Now there's still a difference of 32.4 seconds between Python 3 using binary mode and Python 2. This comes from the fact that all the IO in Python 3 goes through the (quite complex) implementation of io.BufferedWriter
.write
while in Python 2 the file.write
method proceeds fairly straightforward to fwrite
.
We can check the types of the file objects in both implementations:
$ python3.8
>>> type(open('/tmp/test', 'wb'))
<class '_io.BufferedWriter'>
$ python2.7
>>> type(open('/tmp/test', 'wb'))
<type 'file'>
Here we also need to note that the above timing results for Python 2 have been obtained by using text mode, not binary mode. Binary mode aims to support all objects implementing the buffer protocol which results in additional work being performed also for strings (see also this question). If we switch to binary mode also for Python 2 then we obtain:
py2_binary_mode = [212.9, 213.9, 214.3] # 213.70 +/- 0.59
which is actually a bit larger than the Python 3 results (18.4 ns / iteration).

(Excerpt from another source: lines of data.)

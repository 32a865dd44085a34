//! Of a commit in stages, finished or cut short anywhere, and of what else its thread does between them.
ghost use Rattle.std.specs.List.{All};
ghost use Rattle.std.specs.Prelude.{◌≡◌, true, false, Option, None, List, []};
ghost use Rattle.std.specs.Prelude.{◌++◌, length};
ghost use Rattle.xa_words.specs.Tran.{TranName};
ghost use Rattle.xa_words.specs.declared.death.Death.{Death};
ghost use Rattle.xa_words.specs.declared.request.Op.{Op};
ghost use Rattle.xa_tables.specs.Prepared.{names};
ghost use Rattle.xa_desk.specs.LedgerViews.{LedgerView};
ghost use Rattle.xa_desk.specs.DeskViews.{DeskView, ledger};
ghost use Rattle.xa_desk.specs.Growth.{HaveGrown};
ghost use Rattle.xa_driver.specs.declared.branch.Branch.{Branch};
ghost use Rattle.xa_driver.specs.declared.done.CommitOutcome.{CommitOutcome};
ghost use Rattle.xa_driver.specs.declared.done.CommitOutcome.TheVariants as outcome;
ghost use Rattle.xa_driver.specs.declared.done.Done.{Done};
ghost use Rattle.xa_words.specs.declared.code.Code.{Code};
ghost use Rattle.xa_driver.specs.Deaths.{PutsLedger};
ghost use Rattle.xa_driver.specs.Decision.{yes_of};
ghost use Rattle.xa_driver.specs.Outcomes.{ComesTo, TellsTheLog};
ghost use Rattle.xa_driver.specs.Resolving.{AsksLedger};
ghost use Rattle.xa_log.specs.Log.{LogState, IsEither, IsReadAs, record_of};
ghost use Rattle.xa_driver.specs.declared.stages.Prepared.{Prepared};
ghost use Rattle.xa_driver.specs.declared.stages.Decided.{Decided};
ghost use Rattle.xa_driver.specs.declared.stages.Told.{Told};
ghost use Rattle.xa_driver.specs.declared.round.Round.{Round};
ghost use Rattle.xa_driver.specs.declared.stages.Preparing.{Preparing};
ghost use Rattle.xa_driver.specs.declared.stages.Telling.{Telling};
ghost use Rattle.xa_driver.specs.declared.stages.Forgetting.{Forgetting};
ghost use Rattle.xa_driver.specs.Asks.{HaveComeSoFar, KeepsTheRest};
ghost use Rattle.xa_driver.specs.Stages.{HasDecided, HasForgotten, HasPrepared, HasTold, HasVoted, IsForgetting};
ghost use Rattle.xa_driver.specs.Stages.{IsPreparing, IsTelling, MayForget, MayTell};
ghost use Rattle.xa_driver.specs.UnderWay.{IsUnderWay};
ghost use Rattle.xa_driver.specs.Trace.{AreBranchesRising, IsTranOf, MayCommit, wants_record};
ghost use Rattle.laws_commit.specs.Cut.{AreOthers, GoesByTheRecord, IsCut, LeavesBranches, NoneWasToldToCommit};
ghost use Rattle.laws_commit.specs.Cut.{NoneWasToldToRollBack, TurnsOut, endings_of, is_recorded};
ghost use Rattle.laws_commit.specs.Calls.{CommitCall, IsFinished, ResolveCall};
ghost use Rattle.laws_commit.specs.Resolution.{IsAsPromised, IsOutcomeOf};
ghost use Rattle.laws_commit.specs.Resolution.{resolves};

use xa_log::DecisionLog;

/// Of one call alone, cut short anywhere: where the log has no record of the transaction, no branch was told to commit,
/// that is no Commit of it was sent; and where it has, none was told to roll back.
#[tactic(auto, using(crate::proofs::CutSends::unrecorded_law, crate::proofs::CutSends::recorded_law))]
pub fn cut_commits_go_by_the_record()
    ensures unrecorded { (c : CommitCall) → IsCut c → (tran : TranName) → IsTranOf c.branches tran
        → is_recorded c.later tran ≡ false → NoneWasToldToCommit c }
    ensures recorded { (c : CommitCall) → IsCut c → (tran : TranName) → IsTranOf c.branches tran
        → is_recorded c.later tran ≡ true → NoneWasToldToRollBack c }
{}

/// Of the second round alone, however far it came: to no manager a Commit was sent where the log has no record of the
/// transaction, and no Rollback where it has.
#[tactic(auto, using(crate::proofs::CutSends::second_round_sends, crate::proofs::Staged::asks_so_far))]
pub fn second_rounds_go_by_the_record()
    ensures told { (bs : List Branch) (start mid old new : List LedgerView) (log later : LogState) (p : Prepared)
        (d : Decided) (t : Told) → HasPrepared bs start mid p → record_of log p.tran ≡ None → HasDecided p log later d
        → HasTold d old new t → GoesByTheRecord (is_recorded later p.tran) old new }
    ensures telling { (bs : List Branch) (start mid : List LedgerView) (desk : DeskView) (now : List LedgerView)
        (log later : LogState) (p : Prepared) (d : Decided) (t : Telling) → HasPrepared bs start mid p
        → record_of log p.tran ≡ None → HasDecided p log later d → IsTelling d desk t
        → HaveComeSoFar t.round.asks.items desk.ledgers now
        → GoesByTheRecord (is_recorded later p.tran) desk.ledgers now }
{}

/// A commit that was decided, and whose branches were all told, came to its end: what is said of those holds of it.
pub fn decided_commits_were_made()
    ensures { (c : CommitCall) (tran : TranName) (death : Option Death) (done : Done)
        → MayCommit c.desk c.log c.branches → IsTranOf c.branches tran → length c.new ≡ length c.desk.ledgers
        → ComesTo AsksLedger PutsLedger death tran c.branches (ledger c.desk.ledgers) (ledger c.new) c.log c.later
        (outcome.Decided done) → c.endings ≡ done.endings.items → IsFinished c done }
{}

/// A commit that came to its end is one that was cut short after it: what is said of those holds of it too.
pub fn finished_commits_are_cut_after_all()
    ensures { (c : CommitCall) (done : Done) → IsFinished c done → IsCut c }
{}

/// With nothing in between the next stage of a commit may be done: what it asks for follows from what `may_commit`
/// tests and the stages before it promise. Of the log it asks that it has no record of the transaction, and no more.
pub fn stages_follow()
    ensures decide { (bs : List Branch) (desk : DeskView) (new : List LedgerView) (log : LogState) (p : Prepared)
        → MayCommit desk log bs → HasPrepared bs desk.ledgers new p → record_of log p.tran ≡ None }
    ensures tell { (bs : List Branch) (desk new : DeskView) (start log later : LogState) (p : Prepared) (d : Decided)
        → MayCommit desk start bs → HasPrepared bs desk.ledgers new.ledgers p → HasDecided p log later d
        → KeepsTheRest desk new → MayTell d new }
    ensures forget { (bs : List Branch) (desk mid new : DeskView) (start log later : LogState) (p : Prepared)
        (d : Decided) (t : Told) → MayCommit desk start bs → HasPrepared bs desk.ledgers mid.ledgers p
        → HasDecided p log later d → HasTold d mid.ledgers new.ledgers t → KeepsTheRest desk mid
        → KeepsTheRest mid new → MayForget t new }
    ensures log { (bs : List Branch) (desk : DeskView) (start log : LogState) (tran : TranName)
        → MayCommit desk start bs → IsTranOf bs tran → record_of log tran ≡ None → MayCommit desk log bs }
{}

/// A stage of a commit that is let go is a commit that was cut short, whatever its thread did between its stages that
/// leaves the branches: before it was decided, once it was, or once all branches were told, where it leaves the endings
/// that it knew. The log is as the decision found it. So is a commit that came to no decision, whichever records the
/// log turns out to have.
pub fn stages_are_cuts()
    ensures prepared { (c : CommitCall) (mid : List LedgerView) (p : Prepared) → MayCommit c.desk c.log c.branches
        → HasPrepared c.branches c.desk.ledgers mid p → LeavesBranches c.branches mid c.new → c.later ≡ c.log
        → c.endings ≡ [] → IsCut c }
    ensures decided { (c : CommitCall) (mid : List LedgerView) (p : Prepared) (d : Decided)
        → MayCommit c.desk c.log c.branches → HasPrepared c.branches c.desk.ledgers mid p
        → LeavesBranches c.branches mid c.new → HasDecided p c.log c.later d → c.endings ≡ [] → IsCut c }

    // Where nobody knew whether the log has the record, what the log has once it is opened again decides.
    ensures undecided { (c : CommitCall) (mid : List LedgerView) (votes : List Code) (tran : TranName)
        → MayCommit c.desk c.log c.branches → HasVoted c.branches c.desk.ledgers mid votes
        → LeavesBranches c.branches mid c.new → IsTranOf c.branches tran → wants_record votes ≡ true
        → IsEither c.log c.later tran (yes_of c.branches votes) → c.endings ≡ [] → IsCut c }
    ensures told { (c : CommitCall) (mid tell late : List LedgerView) (p : Prepared) (d : Decided) (t : Told)
        → MayCommit c.desk c.log c.branches → HasPrepared c.branches c.desk.ledgers mid p
        → LeavesBranches c.branches mid tell → HasDecided p c.log c.later d → HasTold d tell late t
        → LeavesBranches c.branches late c.new → c.endings ≡ t.done.endings.items → IsCut c }
{}

/// So is a round that is left, however far it came: of its requests some were sent, and of these some collected.
pub fn rounds_are_cuts()
    ensures so_far { (r : Round) (now : DeskView) → IsUnderWay r now
        → HaveComeSoFar r.asks.items r.before.value.ledgers now.ledgers }
    ensures asking { (c : CommitCall) (p : Preparing) → MayCommit c.desk c.log c.branches
        → IsPreparing c.branches c.desk p → HaveComeSoFar p.round.asks.items c.desk.ledgers c.new → c.later ≡ c.log
        → c.endings ≡ [] → IsCut c }
    ensures telling { (c : CommitCall) (tell : DeskView) (mid : List LedgerView) (p : Prepared) (d : Decided)
        (t : Telling) → MayCommit c.desk c.log c.branches → HasPrepared c.branches c.desk.ledgers mid p
        → LeavesBranches c.branches mid tell.ledgers → HasDecided p c.log c.later d → IsTelling d tell t
        → HaveComeSoFar t.round.asks.items tell.ledgers c.new → c.endings ≡ [] → IsCut c }
    ensures forgetting { (c : CommitCall) (start : DeskView) (mid tell late : List LedgerView) (p : Prepared)
        (d : Decided) (t : Told) (f : Forgetting) → MayCommit c.desk c.log c.branches
        → HasPrepared c.branches c.desk.ledgers mid p → LeavesBranches c.branches mid tell
        → HasDecided p c.log c.later d → HasTold d tell late t → LeavesBranches c.branches late start.ledgers
        → IsForgetting t start f → HaveComeSoFar f.round.asks.items start.ledgers c.new
        → c.endings ≡ t.done.endings.items → IsCut c }
{}

/// So is whatever `commit` came to, with the endings that are known then: it was decided, and all branches were told;
/// it was left undecided, whichever records the log turns out to have; or its coordinator died at some point of it.
pub fn commits_are_cuts()
    ensures { (c : CommitCall) (tran : TranName) (left : LogState) (death : Option Death) (o : CommitOutcome)
        → MayCommit c.desk c.log c.branches → IsTranOf c.branches tran → length c.new ≡ length c.desk.ledgers
        → ComesTo AsksLedger PutsLedger death tran c.branches (ledger c.desk.ledgers) (ledger c.new) c.log left o
        → TurnsOut tran c.branches c.log left c.later o → c.endings ≡ endings_of o → IsCut c }
{}

/// What a log turns out to have after a commit. Where it is known that is what the commit left; and else what it is
/// read as, once it is opened again: what it had before, with the record whose append was lost or without it.
pub fn logs_turn_out_as_they_are_read<L: DecisionLog>()
    ensures known { (tran : TranName) (bs : List Branch) (old new : L) (o : CommitOutcome)
        → TellsTheLog (record { knows = L.knows; appends = L.appends; loses = L.loses }) tran bs old new o
        → L.knows new → TurnsOut tran bs (L.state old) (L.state new) (L.state new) o }
    ensures read { (tran : TranName) (bs : List Branch) (old new : L) (read : LogState) (o : CommitOutcome)
        → TellsTheLog (record { knows = L.knows; appends = L.appends; loses = L.loses }) tran bs old new o
        → IsReadAs L.state L.knows L.loses new read → TurnsOut tran bs (L.state old) (L.state new) read o }
{}

/// What a commit's thread may do between its stages that leaves the branches: nothing, one thing after another,
/// whatever sends nothing that names them, a resolve that ends none of them, and any commit of other branches, all of
/// it or a stage or a round of it alone.
pub fn others_leave_the_branches()
    ensures nothing { (bs : List Branch) (at : List LedgerView) → LeavesBranches bs at at }
    ensures chained { (bs : List Branch) (old mid new : List LedgerView) → LeavesBranches bs old mid
        → LeavesBranches bs mid new → LeavesBranches bs old new }
    ensures unnamed { (bs : List Branch) (old new : List LedgerView) → AreBranchesRising 0 bs → HaveGrown old new
        → length new ≡ length old
        → All (λ b. (more : List Op) → (ledger new b.m).sent ≡ (ledger old b.m).sent ++ more
        → All (λ op. names b.xid op ≡ false) more) bs
        → LeavesBranches bs old new }
    ensures resolved { (bs : List Branch) (q : ResolveCall) → AreBranchesRising 0 bs → IsAsPromised (resolves q)
        → All (λ r. IsOutcomeOf bs r → ⊥) q.outcomes → LeavesBranches bs q.old q.new }
    ensures committed { (bs : List Branch) (c : CommitCall) (done : Done) → AreBranchesRising 0 bs
        → AreOthers bs c.branches → IsFinished c done → LeavesBranches bs c.desk.ledgers c.new }
    ensures preparing { (bs cs : List Branch) (desk : DeskView) (now : List LedgerView) (p : Preparing)
        → AreBranchesRising 0 bs → AreOthers bs cs → IsPreparing cs desk p
        → HaveComeSoFar p.round.asks.items desk.ledgers now → LeavesBranches bs desk.ledgers now }
    ensures prepared { (bs cs : List Branch) (old new : List LedgerView) (p : Prepared) → AreBranchesRising 0 bs
        → AreOthers bs cs → HasPrepared cs old new p → LeavesBranches bs old new }
    ensures telling { (bs cs : List Branch) (start mid : List LedgerView) (desk : DeskView) (now : List LedgerView)
        (log later : LogState) (p : Prepared) (d : Decided) (t : Telling) → AreBranchesRising 0 bs → AreOthers bs cs
        → HasPrepared cs start mid p → HasDecided p log later d → IsTelling d desk t
        → HaveComeSoFar t.round.asks.items desk.ledgers now → LeavesBranches bs desk.ledgers now }
    ensures told { (bs cs : List Branch) (start mid old new : List LedgerView) (log later : LogState) (p : Prepared)
        (d : Decided) (t : Told) → AreBranchesRising 0 bs → AreOthers bs cs → HasPrepared cs start mid p
        → HasDecided p log later d → HasTold d old new t → LeavesBranches bs old new }
    ensures forgetting { (bs cs : List Branch) (start mid tell late : List LedgerView) (desk : DeskView)
        (now : List LedgerView) (log later : LogState) (p : Prepared) (d : Decided) (t : Told) (f : Forgetting)
        → AreBranchesRising 0 bs → AreOthers bs cs → HasPrepared cs start mid p → HasDecided p log later d
        → HasTold d tell late t → IsForgetting t desk f → HaveComeSoFar f.round.asks.items desk.ledgers now
        → LeavesBranches bs desk.ledgers now }
    ensures forgotten { (bs cs : List Branch) (start mid tell late old new : List LedgerView) (log later : LogState)
        (p : Prepared) (d : Decided) (t : Told) (done : Done) → AreBranchesRising 0 bs → AreOthers bs cs
        → HasPrepared cs start mid p → HasDecided p log later d → HasTold d tell late t → HasForgotten t old new done
        → LeavesBranches bs old new }
{}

The two implementations also differ in other details such as the dict
implementation. To measure this effect we can create a corresponding setup:
from __future__ import print_function
import timeit
N = 10**6
R = 7
results = timeit.repeat(
"d[b'10'].write",
setup="d = dict.fromkeys((str(i).encode() for i in range(10, 100)), open('test', 'rb'))", # requires file 'test' to exist
repeat=R, number=N
)
results = [x/N for x in results]
print(['{:.3e}'.format(x) for x in results])
print(sum(results) / R)
This gives the following results for Python 2 and Python 3:
This additional difference of about 21.2 nanoseconds amounts to about 12 seconds for the full 550M iterations.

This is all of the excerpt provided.